───── Data section
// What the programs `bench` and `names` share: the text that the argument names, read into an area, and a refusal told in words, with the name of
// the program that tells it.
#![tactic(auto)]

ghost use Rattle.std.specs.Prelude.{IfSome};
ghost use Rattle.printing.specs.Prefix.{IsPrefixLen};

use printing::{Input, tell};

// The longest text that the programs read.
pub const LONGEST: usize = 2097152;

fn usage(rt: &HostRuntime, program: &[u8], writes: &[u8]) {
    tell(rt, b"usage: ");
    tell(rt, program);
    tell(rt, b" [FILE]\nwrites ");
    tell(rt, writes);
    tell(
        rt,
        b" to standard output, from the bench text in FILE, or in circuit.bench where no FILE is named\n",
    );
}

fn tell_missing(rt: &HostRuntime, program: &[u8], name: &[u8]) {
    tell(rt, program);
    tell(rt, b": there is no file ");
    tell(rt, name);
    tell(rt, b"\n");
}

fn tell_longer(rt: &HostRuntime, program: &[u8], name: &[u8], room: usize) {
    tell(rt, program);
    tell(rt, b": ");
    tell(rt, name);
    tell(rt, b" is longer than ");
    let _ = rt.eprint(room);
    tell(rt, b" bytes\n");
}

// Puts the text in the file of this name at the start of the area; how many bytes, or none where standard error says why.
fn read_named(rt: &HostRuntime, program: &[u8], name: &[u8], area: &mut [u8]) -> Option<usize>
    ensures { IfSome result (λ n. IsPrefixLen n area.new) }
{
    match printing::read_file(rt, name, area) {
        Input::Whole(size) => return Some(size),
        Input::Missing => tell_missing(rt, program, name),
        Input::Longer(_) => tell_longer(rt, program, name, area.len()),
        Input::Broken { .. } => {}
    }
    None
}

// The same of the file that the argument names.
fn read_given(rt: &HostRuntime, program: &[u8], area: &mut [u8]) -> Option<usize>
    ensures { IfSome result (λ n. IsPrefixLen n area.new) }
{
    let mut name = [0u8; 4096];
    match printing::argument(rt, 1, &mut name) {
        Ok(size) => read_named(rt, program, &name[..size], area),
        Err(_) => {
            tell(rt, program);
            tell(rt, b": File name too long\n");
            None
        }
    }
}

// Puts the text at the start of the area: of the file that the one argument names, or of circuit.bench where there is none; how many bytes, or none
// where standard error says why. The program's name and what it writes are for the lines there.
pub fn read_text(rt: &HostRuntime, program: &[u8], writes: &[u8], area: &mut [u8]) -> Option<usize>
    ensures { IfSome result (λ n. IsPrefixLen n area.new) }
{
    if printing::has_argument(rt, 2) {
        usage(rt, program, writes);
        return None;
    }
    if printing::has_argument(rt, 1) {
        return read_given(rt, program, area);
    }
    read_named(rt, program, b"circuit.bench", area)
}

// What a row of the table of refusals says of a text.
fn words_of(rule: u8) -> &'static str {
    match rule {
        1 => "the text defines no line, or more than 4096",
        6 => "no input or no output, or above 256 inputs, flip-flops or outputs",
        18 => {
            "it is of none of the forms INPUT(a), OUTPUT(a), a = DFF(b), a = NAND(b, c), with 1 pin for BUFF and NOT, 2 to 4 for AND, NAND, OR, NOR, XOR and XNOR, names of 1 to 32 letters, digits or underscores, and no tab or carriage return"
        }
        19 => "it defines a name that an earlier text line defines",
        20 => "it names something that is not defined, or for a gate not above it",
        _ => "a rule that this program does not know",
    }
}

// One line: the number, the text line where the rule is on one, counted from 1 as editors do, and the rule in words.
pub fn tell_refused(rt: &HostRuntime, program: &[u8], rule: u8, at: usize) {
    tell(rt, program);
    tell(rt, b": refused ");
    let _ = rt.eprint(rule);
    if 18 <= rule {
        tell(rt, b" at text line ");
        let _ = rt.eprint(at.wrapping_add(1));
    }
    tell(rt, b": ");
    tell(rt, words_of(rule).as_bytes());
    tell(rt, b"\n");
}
──────────
• _Task_
In the listing above, find the line with "match printing::argument(rt, 1, &mut" and the line with "none; how many bytes, or none"; output exactly those lines and all lines between them.

• _Final answer_
    match printing::argument(rt, 1, &mut name) {
        Ok(size) => read_named(rt, program, &name[..size], area),
        Err(_) => {
            tell(rt, program);
            tell(rt, b": File name too long\n");
            None
        }
    }
}

// Puts the text at the start of the area: of the file that the one argument names, or of circuit.bench where there is none; how many bytes, or none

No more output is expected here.